━━━ INPUT ━━━

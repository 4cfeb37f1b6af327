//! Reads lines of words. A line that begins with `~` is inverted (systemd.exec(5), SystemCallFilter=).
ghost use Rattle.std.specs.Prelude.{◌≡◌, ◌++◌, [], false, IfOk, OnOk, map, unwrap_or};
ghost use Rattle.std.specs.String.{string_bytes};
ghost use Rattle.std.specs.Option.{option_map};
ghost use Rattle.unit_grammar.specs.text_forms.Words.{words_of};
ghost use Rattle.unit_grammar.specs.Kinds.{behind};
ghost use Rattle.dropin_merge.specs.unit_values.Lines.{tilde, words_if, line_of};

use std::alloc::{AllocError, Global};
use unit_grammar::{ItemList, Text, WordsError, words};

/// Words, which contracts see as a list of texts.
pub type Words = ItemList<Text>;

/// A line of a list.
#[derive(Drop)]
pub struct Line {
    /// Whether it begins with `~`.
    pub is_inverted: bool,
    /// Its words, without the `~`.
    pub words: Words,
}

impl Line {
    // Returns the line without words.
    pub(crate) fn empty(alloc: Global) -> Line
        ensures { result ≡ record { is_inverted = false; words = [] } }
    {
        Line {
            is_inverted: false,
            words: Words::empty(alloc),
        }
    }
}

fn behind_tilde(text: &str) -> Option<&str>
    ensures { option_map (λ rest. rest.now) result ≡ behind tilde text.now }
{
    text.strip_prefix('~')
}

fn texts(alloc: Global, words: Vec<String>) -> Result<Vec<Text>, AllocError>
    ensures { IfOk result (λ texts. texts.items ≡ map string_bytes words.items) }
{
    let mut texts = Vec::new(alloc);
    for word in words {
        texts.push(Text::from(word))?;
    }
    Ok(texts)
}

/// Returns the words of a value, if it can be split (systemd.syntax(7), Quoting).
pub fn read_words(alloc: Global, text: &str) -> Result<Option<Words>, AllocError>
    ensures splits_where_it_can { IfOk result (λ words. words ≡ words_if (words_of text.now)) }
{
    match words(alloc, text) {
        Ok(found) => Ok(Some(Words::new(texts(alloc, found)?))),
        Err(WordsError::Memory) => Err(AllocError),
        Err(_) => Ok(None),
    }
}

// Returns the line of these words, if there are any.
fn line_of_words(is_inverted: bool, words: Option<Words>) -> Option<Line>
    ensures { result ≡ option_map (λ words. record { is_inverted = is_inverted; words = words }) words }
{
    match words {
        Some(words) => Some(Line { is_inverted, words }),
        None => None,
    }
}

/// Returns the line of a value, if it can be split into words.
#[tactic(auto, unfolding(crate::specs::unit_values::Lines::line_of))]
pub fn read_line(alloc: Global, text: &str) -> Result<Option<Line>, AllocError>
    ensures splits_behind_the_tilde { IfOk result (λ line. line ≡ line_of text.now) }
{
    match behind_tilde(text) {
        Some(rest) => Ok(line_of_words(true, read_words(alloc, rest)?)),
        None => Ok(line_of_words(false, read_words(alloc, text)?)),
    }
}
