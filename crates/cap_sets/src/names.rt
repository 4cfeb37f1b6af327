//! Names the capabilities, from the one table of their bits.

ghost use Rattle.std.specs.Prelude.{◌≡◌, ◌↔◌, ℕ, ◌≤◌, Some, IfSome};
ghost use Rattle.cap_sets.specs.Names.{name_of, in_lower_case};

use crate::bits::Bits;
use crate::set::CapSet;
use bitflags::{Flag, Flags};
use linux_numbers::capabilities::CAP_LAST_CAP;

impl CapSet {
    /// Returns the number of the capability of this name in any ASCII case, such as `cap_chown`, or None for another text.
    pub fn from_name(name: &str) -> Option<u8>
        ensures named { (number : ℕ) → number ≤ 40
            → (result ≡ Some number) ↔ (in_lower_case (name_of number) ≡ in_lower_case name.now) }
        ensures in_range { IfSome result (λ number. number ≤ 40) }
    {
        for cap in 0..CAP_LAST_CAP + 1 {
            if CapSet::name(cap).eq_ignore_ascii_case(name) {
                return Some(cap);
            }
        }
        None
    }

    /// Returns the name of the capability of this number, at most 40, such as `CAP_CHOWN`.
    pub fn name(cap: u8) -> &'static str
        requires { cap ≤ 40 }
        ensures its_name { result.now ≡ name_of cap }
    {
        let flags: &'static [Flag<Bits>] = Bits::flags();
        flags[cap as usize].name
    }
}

━━━

[WHAT THIS TASK INVOLVES]: On how many lines above does the word "Rattle" appear? Answer with that figure only.

[EXERCISE RESPONSE]: 8